[evla-sw-discuss] Delay models to station boards
Kevin Ryan
kryan at nrao.edu
Wed May 14 16:56:01 EDT 2008
On May 14, 2008, at 1:43 PM, Sonja Vrcic wrote:
> I completely agree that there is no need to send Delay Models via
> MCCC.
>
> The multicast address for Delay Models could be specified as a part
> of VCI subarray configuration (a different multicast address can be
> specified for each station).
>
> If we can agree that there is no need to send Delay Models via
> MCCC, we should implement things that way from the beginning.
I don't think this is something that we can just agree on, it must be
determined if it will work.
Like I said earlier I did a small amount of testing by sending UDP
packets*:
1) from the VLA to my office,
2) between two machines on different switches in my office,
3) between two machines on the same switch in my office.
(note* these tests are not official and could very well be flawed so
we should not base any design decisions other than more testing on
them.)
In one test, I sent 2000 datagrams of the same size every 100ms then
increased the datagram size and repeated until the maximum datagram
size. In the next set of tests I did the same thing but instead of
one datagram per 100ms, I sent 4 back-to-back every 100ms.
The observations are:
datagram sizes > ~47k do not work at all on this network (the maximum
datagram size for IPV4 is 64K but this is network dependent and not
guaranteed).
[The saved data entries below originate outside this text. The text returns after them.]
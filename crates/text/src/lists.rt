// The past as text.
ghost use Rattle.std.specs.Prelude.{◌≡◌, map, IfOk, string_bytes};
ghost use Rattle.wire.specs.Meaning.{entry_of};
ghost use Rattle.text.specs.Text.{past_text};

use std::alloc::{AllocError, Global};
use wire::Entry;

// The past as a client keeps it, the largest target first: as text it goes from the least target to the largest.
// Stays: Display can't be written here for a slice, and a struct around it, made for one call, would be no plainer.
#[tactic(auto, using(crate::proofs::Listed::past_none, std::proofs::lemmas::List::flat_map_more))]
pub fn past_text(heap: Global, past: &[Entry]) -> Result<String, AllocError>
    ensures { IfOk result (λ t. string_bytes t ≡ past_text (map entry_of past.now)) }
{
    let [newer @ .., oldest] = past else {
        return format!(in heap; "past");
    };
    let mut text = format!(in heap; "past {oldest}")?;
    for entry in newer.iter().rev() {
        write!(text, ", {entry}")?;
    }
    Ok(text)
}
In fact, it is written that some industrial strength
systems do not even exceed the Ethernet's MTU size (~1500 bytes) for
their datagram to eliminate fragmentation altogether.
Non 'burst mode' did well with 100ms between datagrams; for datagram
sizes up to 16k 2000 of 2000 datagrams arrived, at 32KB 1939 of 2000
made it, and at 46KB 1814 of 2000 were received.
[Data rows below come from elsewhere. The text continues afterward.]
// Answers as text.
ghost use Rattle.std.specs.Prelude.{◌≡◌, ℕ, List, ◌++◌, map, codes, decimal, Some, OnOk, string_bytes, MatchResult};
ghost use Rattle.std.proofs.Common.{ap};
ghost use Rattle.wire.specs.Text.{data_text, duty_text, share_text};
ghost use Rattle.wire.specs.Bytes.{share_from, data_from, duty_from};
ghost use Rattle.events.specs.Layout.{entries, number_from};
ghost use Rattle.events.specs.declared.row.Row.{Row};
ghost use Rattle.events.specs.Meaning.{answer_of, row_shares, row_data, row_duties, row_slots};
ghost use Rattle.text.specs.Short.{ShortRow, ShortRows, ShortAnswer, IfCut};
ghost use Rattle.text.specs.Line.{line_with};
ghost use Rattle.text.specs.Text.{sends_text, hands_in_text, begins_text, ends_text, done_texts, done_text, answer_text};
ghost use Rattle.text.specs.Told.{shares_told, data_told, duties_told, slots_told};

use crate::errors::AnswerError;
use events::{Answer, Row, Rows};
use std::alloc::{AllocError, Global};
use std::fmt::Display;
use wire::{Data, Duty, Fixed, Share};

// What a client did: an entry of a row of an answer. It is told by a verb and the entry's text.
trait Deed: Fixed + Display {
    // The verb, and the space behind it.
    ghost verb: { List ℕ };

    // The text of an entry, by the bytes that it is read from.
    ghost shown: { List ℕ → List ℕ };

    // What is told of a row.
    ghost all: { Row → List (List ℕ) };

    // The verb, and the space behind it.
    // Stays: not a constant, since a clause would compare the place of its text too.
    fn verb() -> &'static str
        ensures { result.now ≡ verb };

    // Writes a lead, and what is told of an entry.
    fn tell(&self, lead: &str, text: &mut String) -> Result<(), AllocError>
        ensures { OnOk result ((bs : List ℕ) → Self.Fixed.reads bs self.now → string_bytes text.new ≡ string_bytes text.old ++ (lead.now ++ (verb ++ shown bs))) }
    {
        write!(text, "{lead}{}{self}", Self::verb())
    }

    // An entry is printed as the text of its bytes.
    ghost prints: { (bs : List ℕ) (x : Self) → Self.Fixed.reads bs x → Self.Display.output x ≡ Some (shown bs) };

    // What is told of a row is what is told of its entries.
    ghost each: { (r : Row) → all r ≡ entries Self.Fixed.width (λ bs. verb ++ shown bs) r.count r.bytes.now };
}

impl Deed for Share {
    ghost verb = { codes "sends " };

    ghost shown = { λ bs. share_text (share_from bs) };

    ghost all = { λ r. map sends_text (row_shares r) };

    fn verb() -> &'static str {
        "sends "
    }

    ghost prints = { λ bs x e. ap (λ s. Some (share_text s)) e };

    ghost each = { λ r. shares_told r };
}

impl Deed for Data {
    ghost verb = { codes "hands in " };

    ghost shown = { λ bs. data_text (data_from bs) };

    ghost all = { λ r. map hands_in_text (row_data r) };

    fn verb() -> &'static str {
        "hands in "
    }

    ghost prints = { λ bs x e. ap (λ d. Some (data_text d)) e };

    ghost each = { λ r. data_told r };
}

impl Deed for Duty {
    ghost verb = { codes "begins " };

    ghost shown = { λ bs. duty_text (duty_from bs) };

    ghost all = { λ r. map begins_text (row_duties r) };

    fn verb() -> &'static str {
        "begins "
    }

    ghost prints = { λ bs x e. ap (λ y. Some (duty_text y)) e };

    ghost each = { λ r. duties_told r };
}

impl Deed for u64 {
    ghost verb = { codes "ends " };

    ghost shown = { λ bs. decimal (number_from bs) };

    ghost all = { λ r. map ends_text (row_slots r) };

    fn verb() -> &'static str {
        "ends "
    }

    ghost prints = { λ bs x e. ap (λ k. Some (decimal k)) e };

    ghost each = { λ r. slots_told r };
}

// What is told of an answer so far, and what stands before the next deed.
#[derive(Drop)]
struct Line {
    text: String,
    lead: &'static str,
}

impl Line {
    // Tells each entry of a row, in its order.
    // Stays: a row may be cut short, so an iterator's items would be options too, known by their places.
    #[tactic(auto, using(crate::proofs::Shorts::memory_exit), unfolding(events::specs::Layout::entries))]
    fn add<T: Deed + Drop>(&mut self, row: &Row) -> Result<(), AnswerError>
        ensures { MatchResult result (λ _. (more : List (List ℕ)) → line_with self.new more ≡ line_with self.old (T.Deed.all row.now ++ more)) (IfCut (ShortRow T.Fixed.width row.now)) }
    {
        for i in 0..row.len() {
            let deed = row.get::<T>(i).ok_or(AnswerError::Cut)?;
            deed.tell(self.lead, &mut self.text)?;
            self.lead = "; ";
        }
        Ok(())
    }
}

// What was done, as a line: the entries of the four rows, one row after the other.
#[tactic(auto, using(crate::proofs::Shorts::memory_exit))]
fn told(heap: Global, rows: &Rows) -> Result<String, AnswerError>
    ensures { MatchResult result (λ t. string_bytes t ≡ done_text (done_texts (row_shares rows.now.sent) (row_data rows.now.handed_in) (row_duties rows.now.begun) (row_slots rows.now.ended))) (IfCut (ShortRows rows.now)) }
{
    let mut line = Line {
        text: String::new(heap),
        lead: "",
    };
    line.add::<Share>(&rows.sent)?;
    line.add::<Data>(&rows.handed_in)?;
    line.add::<Duty>(&rows.begun)?;
    line.add::<u64>(&rows.ended)?;
    if line.text.is_empty() {
        return Ok(format!(in heap; "nothing")?);
    }
    Ok(line.text)
}

// An answer as a line. One with a row whose bytes end before its entries do has none.
// Stays: not by Display, which can't say why an answer has no text.
#[tactic(auto, using(crate::proofs::Shorts::memory_exit), unfolding(crate::specs::Text::answer_text, events::specs::Meaning::answer_of))]
pub fn answer_text(heap: Global, answer: &Answer) -> Result<String, AnswerError>
    ensures { MatchResult result (λ t. string_bytes t ≡ answer_text (answer_of answer.now)) (IfCut (ShortAnswer answer.now)) }
{
    match answer {
        Answer::Refused(number, place) => Ok(format!(in heap; "refused {number} at {place}")?),
        Answer::Done(rows) => told(heap, rows),
    }
}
Burst mode did not fair as well with losses from .001% to 50%
depending on size.
Between 2 machines on the same switch:
rxNum: 1999, packetNum: 2000, size: 15926, burst Sz = 4, interval = 100
rxNum: 1560, packetNum: 1999, size: 32566, burst Sz = 4, interval = 100
rxNum: 1000, packetNum: 1998, size: 46641, burst Sz = 4, interval = 100
The IP layer fragments datagrams into MTU sized pieces and, if one of
these fragments is missing on the receive side, the whole datagram is
discarded. So it makes sense that the larger the datagram size, the
better chance it has of being discarded.
For sending models the datagrams would fan out rather than funnel in
as the test's burst mode attempted to simulate so maybe it will not
be a problem. Even in the best case however, I think we can rest
assured that we will drop models. And I think it will be in our best
interest to find out how many with all Station Boards in place.